> [Your instructions]: As the answer, give every line of the records that includes the word "upper".

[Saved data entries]
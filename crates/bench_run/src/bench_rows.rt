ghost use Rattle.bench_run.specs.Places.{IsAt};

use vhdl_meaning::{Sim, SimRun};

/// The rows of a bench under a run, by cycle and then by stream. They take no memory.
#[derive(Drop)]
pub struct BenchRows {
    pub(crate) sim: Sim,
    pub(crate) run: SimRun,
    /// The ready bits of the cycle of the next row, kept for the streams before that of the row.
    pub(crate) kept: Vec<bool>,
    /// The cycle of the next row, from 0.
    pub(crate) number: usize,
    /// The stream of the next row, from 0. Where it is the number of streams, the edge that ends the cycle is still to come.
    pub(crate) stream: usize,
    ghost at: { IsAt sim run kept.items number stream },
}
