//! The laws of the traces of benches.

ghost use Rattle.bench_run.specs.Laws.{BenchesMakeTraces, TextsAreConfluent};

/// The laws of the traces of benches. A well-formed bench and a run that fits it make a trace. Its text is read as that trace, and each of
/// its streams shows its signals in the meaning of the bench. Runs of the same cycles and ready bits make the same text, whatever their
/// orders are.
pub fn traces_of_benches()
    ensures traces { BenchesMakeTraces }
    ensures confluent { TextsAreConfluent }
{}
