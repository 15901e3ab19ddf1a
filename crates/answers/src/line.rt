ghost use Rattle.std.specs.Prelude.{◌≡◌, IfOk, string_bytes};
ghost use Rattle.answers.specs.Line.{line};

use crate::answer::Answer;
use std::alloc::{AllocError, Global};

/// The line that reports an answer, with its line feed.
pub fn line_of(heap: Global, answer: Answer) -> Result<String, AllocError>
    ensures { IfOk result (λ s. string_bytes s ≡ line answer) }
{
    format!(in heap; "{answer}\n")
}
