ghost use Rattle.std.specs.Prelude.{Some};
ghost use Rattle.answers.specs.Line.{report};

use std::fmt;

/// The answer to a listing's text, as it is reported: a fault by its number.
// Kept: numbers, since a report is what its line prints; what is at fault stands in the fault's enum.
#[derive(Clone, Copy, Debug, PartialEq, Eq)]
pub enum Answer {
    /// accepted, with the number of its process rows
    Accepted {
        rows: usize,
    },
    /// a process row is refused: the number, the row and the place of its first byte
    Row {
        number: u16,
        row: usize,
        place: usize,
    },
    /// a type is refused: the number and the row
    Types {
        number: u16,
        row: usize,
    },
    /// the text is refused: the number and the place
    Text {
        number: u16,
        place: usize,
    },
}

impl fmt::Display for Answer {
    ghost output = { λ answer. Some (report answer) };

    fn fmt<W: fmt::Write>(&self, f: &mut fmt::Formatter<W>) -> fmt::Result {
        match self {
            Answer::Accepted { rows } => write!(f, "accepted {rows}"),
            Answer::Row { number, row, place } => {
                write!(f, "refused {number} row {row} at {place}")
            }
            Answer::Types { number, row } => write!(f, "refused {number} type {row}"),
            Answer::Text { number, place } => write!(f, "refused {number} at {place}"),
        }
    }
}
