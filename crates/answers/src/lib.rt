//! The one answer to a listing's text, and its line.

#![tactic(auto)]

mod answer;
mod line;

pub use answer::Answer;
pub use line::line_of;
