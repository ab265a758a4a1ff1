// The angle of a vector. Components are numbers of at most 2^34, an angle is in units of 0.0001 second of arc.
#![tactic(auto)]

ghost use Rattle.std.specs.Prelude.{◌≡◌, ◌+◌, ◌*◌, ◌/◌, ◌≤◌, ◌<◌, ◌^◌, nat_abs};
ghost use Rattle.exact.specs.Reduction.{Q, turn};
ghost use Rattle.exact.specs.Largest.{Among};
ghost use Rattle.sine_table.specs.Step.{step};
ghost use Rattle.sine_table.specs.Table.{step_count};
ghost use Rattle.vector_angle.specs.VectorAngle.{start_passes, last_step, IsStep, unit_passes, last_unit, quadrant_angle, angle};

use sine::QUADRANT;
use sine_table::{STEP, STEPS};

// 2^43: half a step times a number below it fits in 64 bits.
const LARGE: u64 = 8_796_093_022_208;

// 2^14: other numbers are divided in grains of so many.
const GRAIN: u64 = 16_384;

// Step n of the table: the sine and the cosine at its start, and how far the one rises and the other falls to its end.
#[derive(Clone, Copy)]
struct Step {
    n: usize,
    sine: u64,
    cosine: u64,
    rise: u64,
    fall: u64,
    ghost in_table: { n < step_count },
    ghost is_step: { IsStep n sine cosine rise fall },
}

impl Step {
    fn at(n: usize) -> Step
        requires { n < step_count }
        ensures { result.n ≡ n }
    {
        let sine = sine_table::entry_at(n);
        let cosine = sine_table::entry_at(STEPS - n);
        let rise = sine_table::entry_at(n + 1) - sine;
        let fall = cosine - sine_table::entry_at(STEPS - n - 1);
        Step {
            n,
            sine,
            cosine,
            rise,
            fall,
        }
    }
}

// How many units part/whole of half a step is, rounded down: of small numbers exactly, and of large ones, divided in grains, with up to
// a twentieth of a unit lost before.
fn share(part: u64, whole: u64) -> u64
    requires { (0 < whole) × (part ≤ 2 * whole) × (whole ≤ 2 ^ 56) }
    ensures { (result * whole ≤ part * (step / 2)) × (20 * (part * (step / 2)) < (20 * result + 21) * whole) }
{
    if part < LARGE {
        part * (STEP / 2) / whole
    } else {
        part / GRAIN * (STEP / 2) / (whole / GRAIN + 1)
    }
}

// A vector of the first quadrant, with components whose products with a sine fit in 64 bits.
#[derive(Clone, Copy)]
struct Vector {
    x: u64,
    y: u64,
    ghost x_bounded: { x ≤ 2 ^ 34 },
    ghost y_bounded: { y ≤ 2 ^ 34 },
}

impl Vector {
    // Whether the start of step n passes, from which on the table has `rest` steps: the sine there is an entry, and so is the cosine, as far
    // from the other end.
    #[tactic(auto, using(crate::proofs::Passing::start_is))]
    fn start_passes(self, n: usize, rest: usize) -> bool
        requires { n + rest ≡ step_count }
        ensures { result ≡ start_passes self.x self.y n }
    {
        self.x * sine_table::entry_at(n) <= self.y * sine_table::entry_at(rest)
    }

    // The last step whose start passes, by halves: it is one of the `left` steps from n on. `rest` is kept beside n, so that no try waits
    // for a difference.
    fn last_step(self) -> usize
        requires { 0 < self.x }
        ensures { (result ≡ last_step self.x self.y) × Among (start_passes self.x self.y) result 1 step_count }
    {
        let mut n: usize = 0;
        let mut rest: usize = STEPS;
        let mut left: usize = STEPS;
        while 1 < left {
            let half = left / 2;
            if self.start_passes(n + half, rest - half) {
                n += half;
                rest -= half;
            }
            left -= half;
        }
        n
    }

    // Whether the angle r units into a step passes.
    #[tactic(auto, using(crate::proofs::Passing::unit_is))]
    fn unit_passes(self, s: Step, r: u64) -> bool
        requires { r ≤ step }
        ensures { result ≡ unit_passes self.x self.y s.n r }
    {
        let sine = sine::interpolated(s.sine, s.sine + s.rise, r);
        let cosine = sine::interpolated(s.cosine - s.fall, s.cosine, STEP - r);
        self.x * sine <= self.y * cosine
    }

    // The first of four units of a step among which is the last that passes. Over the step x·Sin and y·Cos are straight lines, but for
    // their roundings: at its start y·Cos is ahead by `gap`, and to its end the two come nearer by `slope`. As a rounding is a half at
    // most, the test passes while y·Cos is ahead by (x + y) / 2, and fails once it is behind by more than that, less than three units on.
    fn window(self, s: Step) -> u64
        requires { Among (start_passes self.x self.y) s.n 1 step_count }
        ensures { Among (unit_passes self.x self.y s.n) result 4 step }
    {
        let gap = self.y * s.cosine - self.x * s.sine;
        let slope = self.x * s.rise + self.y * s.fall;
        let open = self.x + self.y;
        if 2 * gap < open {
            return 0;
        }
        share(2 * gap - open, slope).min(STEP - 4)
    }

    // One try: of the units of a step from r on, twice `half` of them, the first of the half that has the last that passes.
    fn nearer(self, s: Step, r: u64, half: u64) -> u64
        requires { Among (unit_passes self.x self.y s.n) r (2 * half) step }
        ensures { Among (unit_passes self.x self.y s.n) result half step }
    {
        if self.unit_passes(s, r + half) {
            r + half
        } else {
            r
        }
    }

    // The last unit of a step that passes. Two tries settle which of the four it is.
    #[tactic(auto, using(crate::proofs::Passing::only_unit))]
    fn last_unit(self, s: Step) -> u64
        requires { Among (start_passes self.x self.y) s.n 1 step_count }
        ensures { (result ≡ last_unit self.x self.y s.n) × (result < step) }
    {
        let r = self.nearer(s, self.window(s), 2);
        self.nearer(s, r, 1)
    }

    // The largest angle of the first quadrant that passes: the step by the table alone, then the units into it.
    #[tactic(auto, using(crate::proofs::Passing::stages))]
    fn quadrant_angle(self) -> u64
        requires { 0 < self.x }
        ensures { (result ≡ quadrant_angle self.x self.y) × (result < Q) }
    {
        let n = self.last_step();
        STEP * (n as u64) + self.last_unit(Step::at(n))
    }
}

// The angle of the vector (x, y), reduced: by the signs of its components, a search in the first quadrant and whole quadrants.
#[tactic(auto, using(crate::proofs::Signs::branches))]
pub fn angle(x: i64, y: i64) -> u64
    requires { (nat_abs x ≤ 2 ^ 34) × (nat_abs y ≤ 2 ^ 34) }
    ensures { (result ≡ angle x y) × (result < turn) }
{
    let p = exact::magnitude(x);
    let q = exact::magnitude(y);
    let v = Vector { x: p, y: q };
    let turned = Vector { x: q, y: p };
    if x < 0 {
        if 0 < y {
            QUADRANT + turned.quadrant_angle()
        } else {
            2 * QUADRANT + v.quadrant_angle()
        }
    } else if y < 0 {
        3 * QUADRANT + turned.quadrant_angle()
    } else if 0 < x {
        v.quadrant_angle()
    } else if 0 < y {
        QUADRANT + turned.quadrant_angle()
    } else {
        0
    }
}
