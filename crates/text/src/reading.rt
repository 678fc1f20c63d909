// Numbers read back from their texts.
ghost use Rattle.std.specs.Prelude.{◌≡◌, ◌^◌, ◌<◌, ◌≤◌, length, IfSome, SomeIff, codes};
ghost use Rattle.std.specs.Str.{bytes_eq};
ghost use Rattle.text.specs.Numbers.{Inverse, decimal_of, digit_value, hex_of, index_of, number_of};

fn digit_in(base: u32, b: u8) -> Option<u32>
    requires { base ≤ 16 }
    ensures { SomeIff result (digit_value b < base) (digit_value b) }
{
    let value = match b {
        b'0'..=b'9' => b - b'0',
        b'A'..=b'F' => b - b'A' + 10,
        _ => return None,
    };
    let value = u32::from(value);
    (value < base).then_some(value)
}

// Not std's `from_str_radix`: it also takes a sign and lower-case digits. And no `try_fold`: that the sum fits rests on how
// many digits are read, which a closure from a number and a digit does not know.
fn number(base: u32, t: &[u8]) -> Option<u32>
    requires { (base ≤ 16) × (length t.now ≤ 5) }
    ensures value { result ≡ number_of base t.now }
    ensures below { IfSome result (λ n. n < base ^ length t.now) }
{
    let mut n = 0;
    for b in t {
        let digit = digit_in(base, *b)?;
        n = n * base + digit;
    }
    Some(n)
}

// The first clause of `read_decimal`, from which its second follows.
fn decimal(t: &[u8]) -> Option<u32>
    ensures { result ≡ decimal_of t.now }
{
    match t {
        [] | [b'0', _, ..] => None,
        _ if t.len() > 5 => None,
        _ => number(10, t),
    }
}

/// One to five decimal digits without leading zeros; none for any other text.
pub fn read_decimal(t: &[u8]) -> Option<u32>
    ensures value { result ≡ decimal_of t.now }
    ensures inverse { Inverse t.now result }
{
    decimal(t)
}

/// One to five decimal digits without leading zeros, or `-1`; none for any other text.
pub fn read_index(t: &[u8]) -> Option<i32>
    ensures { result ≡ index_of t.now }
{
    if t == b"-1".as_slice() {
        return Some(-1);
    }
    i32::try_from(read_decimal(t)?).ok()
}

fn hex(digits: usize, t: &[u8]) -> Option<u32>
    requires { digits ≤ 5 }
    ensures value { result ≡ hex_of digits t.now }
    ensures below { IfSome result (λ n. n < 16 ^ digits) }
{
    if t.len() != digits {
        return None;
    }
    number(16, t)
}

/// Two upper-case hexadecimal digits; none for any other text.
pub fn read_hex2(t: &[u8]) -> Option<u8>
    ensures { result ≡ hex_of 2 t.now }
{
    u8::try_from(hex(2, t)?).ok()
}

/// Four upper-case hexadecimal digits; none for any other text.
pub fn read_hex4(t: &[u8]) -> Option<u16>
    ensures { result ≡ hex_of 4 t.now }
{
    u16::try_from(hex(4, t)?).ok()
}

> [Exercise response]:
/// Two upper-case hexadecimal digits; none for any other text.
/// Four upper-case hexadecimal digits; none for any other text.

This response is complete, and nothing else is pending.